At his third trial in 1992, Ronald Curtis Chambers (“Chambers”) was convicted of capital murder and sentenced to death, for the third time, for the 1975 murder of Mike McMahan during the course of a robbery. This court granted a certificate of appealability (“COA”) authorizing Chambers to appeal the district court’s denial of federal habeas relief as to certain claims. We AFFIRM.

I

In April 1975, Chambers and an accomplice, Clarence Ray Williams, forced their way, at gunpoint, into the car occupied by two college students, Mike McMahan and Deia Sutton, outside a night club in Dallas, Texas. After robbing the victims, they drove to a levee and forced the victims from the car, and down an embankment. Both victims were shot. As Chambers and Williams walked back up the hill, McMahan called out to Sutton. Williams told Chambers that the victims were not dead and Chambers responded, “They gotta be dead. I shot ’em in the head.” Williams and Chambers returned to the location of the victims. Chambers struck McMahan in the head numerous times with the barrel of the shotgun and ordered Williams to take Sutton into the water. Williams pulled Sutton to the water and attempted to choke and drown her. When Chambers finished beating McMahan, he approached Sutton, who begged him not to kill her. He ignored her pleas, raised his shotgun over his head, and struck her three times. McMahan died, but Sutton survived. After committing the crime, Chambers washed blood and hair off the shotgun, wiped blood from the stolen money and divided it, and then played dominoes before going to sleep. A more complete description of this brutal crime can be found in the opinion of the Texas Court of Criminal Appeals. Chambers v. State, 903 S.W.2d 21, 24-25 (Tex.Crim.App.1995). Williams pleaded guilty and was sentenced to two stacked terms of life imprisonment.

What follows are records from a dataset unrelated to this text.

//! Whether what a pattern wants of cells is of the kinds of their attributes.

ghost use Rattle.std.specs.Prelude.{◌≡◌, ◌<◌, ◌≤◌, Some, All, length, map, slice_get};
ghost use Rattle.rw_schema.specs.Presentation.{signature_of, ends_of_attribute};
ghost use Rattle.rw_pattern.specs.PatternFaults.{constant_fault, variable_fault, fits_constant, fits_variable, is_variable_of};

use crate::{Pattern, PatternCell, PatternFault, Want};
use rw_schema::{AttrDef, Kind, Schema};

/// The first entry with a constant of another kind than its attribute.
pub fn first_constant_fault(schema: &Schema, pattern: &Pattern) -> Option<PatternFault>
    requires attributes { All (λ entry. entry.attr.0 < length schema.now.attributes) pattern.now.cells }
    requires few { length pattern.now.cells ≤ 256 }
    ensures { result ≡ constant_fault (signature_of schema.now) pattern.now }
{
    for (place, entry) in pattern.cells().iter().enumerate() {
        if !has_fitting_constant(schema, entry) {
            return Some(PatternFault::Kind { cell: place as u32 });
        }
    }
    None
}

/// Whether the entry's constant, if it wants one, is of its attribute's kind.
fn has_fitting_constant(schema: &Schema, entry: &PatternCell) -> bool
    requires { entry.now.attr.0 < length schema.now.attributes }
    ensures { result ≡ fits_constant (slice_get (map ends_of_attribute schema.now.attributes) entry.now.attr.0) entry.now.want }
{
    let attribute = schema.attr(entry.attr);
    match &entry.want {
        Want::Const(atom) => atom.is_of(attribute.kind),
        Want::Var(_) => true,
    }
}

/// The first entry with a variable that is not there, or is of another kind than its attribute.
pub fn first_variable_fault(
    schema: &Schema,
    pattern: &Pattern,
    kinds: &[Kind],
) -> Option<PatternFault>
    requires attributes { All (λ entry. entry.attr.0 < length schema.now.attributes) pattern.now.cells }
    requires few { length pattern.now.cells ≤ 256 }
    ensures { result ≡ variable_fault (signature_of schema.now) kinds.now pattern.now }
{
    for (place, entry) in pattern.cells().iter().enumerate() {
        if !has_fitting_variable(schema, kinds, entry) {
            return Some(PatternFault::Variable { cell: place as u32 });
        }
    }
    None
}

/// Whether the entry's variable, if it wants one, is there and of its attribute's kind.
fn has_fitting_variable(schema: &Schema, kinds: &[Kind], entry: &PatternCell) -> bool
    requires { entry.now.attr.0 < length schema.now.attributes }
    ensures { result ≡ fits_variable kinds.now (slice_get (map ends_of_attribute schema.now.attributes) entry.now.attr.0) entry.now.want }
{
    let attribute = schema.attr(entry.attr);
    match &entry.want {
        Want::Const(_) => true,
        Want::Var(variable) => is_of(kinds, *variable, attribute),
    }
}

/// Whether the variable is there, and is of the attribute's kind.
fn is_of(kinds: &[Kind], variable: u32, attribute: &AttrDef) -> bool
    ensures { result ≡ is_variable_of (Some (ends_of_attribute attribute.now)) (slice_get kinds.now variable) }
{
    match kinds.get(variable as usize) {
        Some(kind) => kind.is(attribute.kind),
        None => false,
    }
}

Chambers was convicted and sentenced to death in 1976 for capital murder during the course of a robbery. His conviction was affirmed on direct appeal. Chambers v. State, 568 S.W.2d 313 (Tex.Crim.App.1978), ce rt. denied, 440 U.S. 928, 99 S.Ct. 1264, 59 L.Ed.2d 484 (1979). His first state habeas application was denied in 1981. Ex parte Chambers, 612 S.W.2d 572 (Tex.Crim.App.1981). His conviction was reversed in his second state habeas action in 1984, because the State’s psychologist had interviewed him without informing him that his statements would be used to obtain a death sentence. Ex parte Chambers, 688 S.W.2d 483 (Tex.Crim.App.1984), cert. denied, 474 U.S. 864, 106 S.Ct. 181, 88 L.Ed.2d 150 (1985).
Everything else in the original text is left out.